Each tool should answer:

> “What is happening, and why should I care?”

---

# 🚀 9. Suggested Build Order

1. RSS ingestion
2. normalization
3. basic deduplication
4. clustering
5. simple summarization
6. entity tagging

👉 Only then expose tools

---

# 🧠 Final takeaway

> Crypto MCP gives you **facts**
> News MCP gives you **meaning**

But only if you:

* aggressively deduplicate
* cluster events
* compress information

---

# ✅ Completed since this outlook was written

* v0.1.0 released and tagged
* provider-agnostic LLM extraction/summarization layer added
* prompts moved into separate files for easier updates
* entity blacklist implemented and made case-insensitive
* wildcard blacklist support added for entities/topics/keywords
* live extraction smoke test added
* JSON-backed alias map added for query normalization
* query normalization added so shorthand like `btc` and `trump` still works
* docs updated with the new env vars and workflow
* optional article payloads added to event tools
* blacklist enforcement maintenance script added
* related-entities tool added for co-occurrence neighborhoods
* emerging-topic scoring improved with importance-weighting and co-occurrence

---

# 🔭 Next high-level steps

## What is left of v0.1.0

The first version is now effectively a usable baseline.
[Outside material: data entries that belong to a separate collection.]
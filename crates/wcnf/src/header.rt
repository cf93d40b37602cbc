// The header of the older form, which says what the text has.
ghost use Rattle.std.specs.Prelude.{◌≡◌, ◌≤◌, ◌<◌, MatchResult};
ghost use Rattle.cnf.specs.declared.limits.TheConstants.{MOST_VARIABLES, NUMBER_LIMIT};
ghost use Rattle.wcnf.specs.Heads.{header_of, is_wcnf, number_within};

use crate::faults::FaultKind;
use cnf::limits::{MOST_TEXT_CLAUSES, MOST_VARIABLES, NUMBER_LIMIT};
use std::marker::Model;
use text::digits::number;
use text::pieces::Tokens;

/// The second token of a header.
const NAME: &[u8] = b"wcnf";

/// The header of a text of the older form.
#[derive(Drop)]
pub(crate) struct Header {
    // How many variables there are.
    variables: u32,
    // How many clauses follow.
    clauses: u64,
    // The weight that makes a clause hard, from 1; that of a soft clause is below it.
    top: u64,
}

impl Model for Header {
    ghost use Rattle.std.specs.Prelude.{◌≤◌, ◌<◌};
    ghost use Rattle.cnf.specs.declared.limits.TheConstants.{MOST_VARIABLES, MOST_TEXT_CLAUSES};
    ghost use Rattle.cnf.specs.declared.limits.TheConstants.{NUMBER_LIMIT};
    ghost use Rattle.wcnf.specs.Wcnf as texts;

    ghost Value = { texts.Header };

    ghost view = { λ h. record { variables = h.variables; clauses = h.clauses; top = h.top } };

    ghost invariant = { λ h. (h.variables ≤ MOST_VARIABLES) × (h.clauses ≤ MOST_TEXT_CLAUSES)
        × (0 < h.top) × (h.top ≤ NUMBER_LIMIT) };
}

impl Header {
    /// Reads the header, given its tokens after the first.
    pub(crate) fn read(mut words: Tokens<'_>) -> Result<Header, FaultKind>
        ensures { result ≡ header_of words.entry }
    {
        let Some(name) = words.next() else {
            return Err(FaultKind::Header);
        };
        if !is_wcnf(name) {
            return Err(FaultKind::Header);
        }
        let variables = number_within(&mut words, u64::from(MOST_VARIABLES))?;
        let clauses = number_within(&mut words, MOST_TEXT_CLAUSES as u64)?;
        let top = number_within(&mut words, NUMBER_LIMIT)?;
        if top == 0 || words.next().is_some() {
            return Err(FaultKind::Header);
        }
        Ok(Header {
            variables: variables as u32,
            clauses,
            top,
        })
    }

    /// How many variables there are.
    pub(crate) fn variables(&self) -> u32
        ensures is { result ≡ self.now.variables }
        ensures within { result ≤ MOST_VARIABLES }
    {
        self.variables
    }

    /// How many clauses follow.
    pub(crate) fn clauses(&self) -> u64
        ensures { result ≡ self.now.clauses }
    {
        self.clauses
    }

    /// The weight that makes a clause hard.
    pub(crate) fn top(&self) -> u64
        ensures is { result ≡ self.now.top }
        ensures within { result ≤ NUMBER_LIMIT }
    {
        self.top
    }
}

fn is_wcnf(token: &[u8]) -> bool
    ensures { result ≡ is_wcnf token.now }
{
    token == NAME
}

/// Takes the next token, which has to be a number up to `most`.
fn number_within(words: &mut Tokens<'_>, most: u64) -> Result<u64, FaultKind>
    requires { most ≤ NUMBER_LIMIT }
    ensures { MatchResult result
        (λ n. (number_within most words.old ≡ Ok (n, words.new)) × (n ≤ most))
        (λ k. number_within most words.old ≡ Err k) }
{
    match words.next() {
        None => Err(FaultKind::Header),
        Some(token) => match number(token) {
            Some(value) if value <= most => Ok(value),
            _ => Err(FaultKind::Header),
        },
    }
}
The remaining work for v0.1.x is mostly polish:

* stabilize extraction quality across a few more real-world samples
* expand the alias map only where usage demands it
* tune emerging-topic noise so repeated source names do not dominate
* keep sentiment labels aligned with scores as the model improves

## Where v0.2.0 should lead

1. **Normalization layer**

   * canonicalize acronyms and entity variants before storage / querying
   * keep the blacklist as a separate post-processing rule

2. **Wildcard blacklist support**

   * allow patterns for entities / topics / keywords
   * keep matching case-insensitive

3. **Emerging signal quality**

   * tune what counts as an emerging topic/entity
   * reduce noise from repeated source names and generic terms

4. **Entity/time tracking and replay (future capability)**

   * track how important entities evolve over time
   * allow replay of when entities first appeared, how topics shifted, and how sentiment changed
   * useful later for narrative reconstruction and trend timelines

## Longer-term direction

The endgame is not just “news search”, but a light narrative memory system:

* entity histories over time
* topic shifts and turning points
* sentiment arcs
* replayable timelines for a person, company, or event

That should stay in mind while keeping the current implementation simple.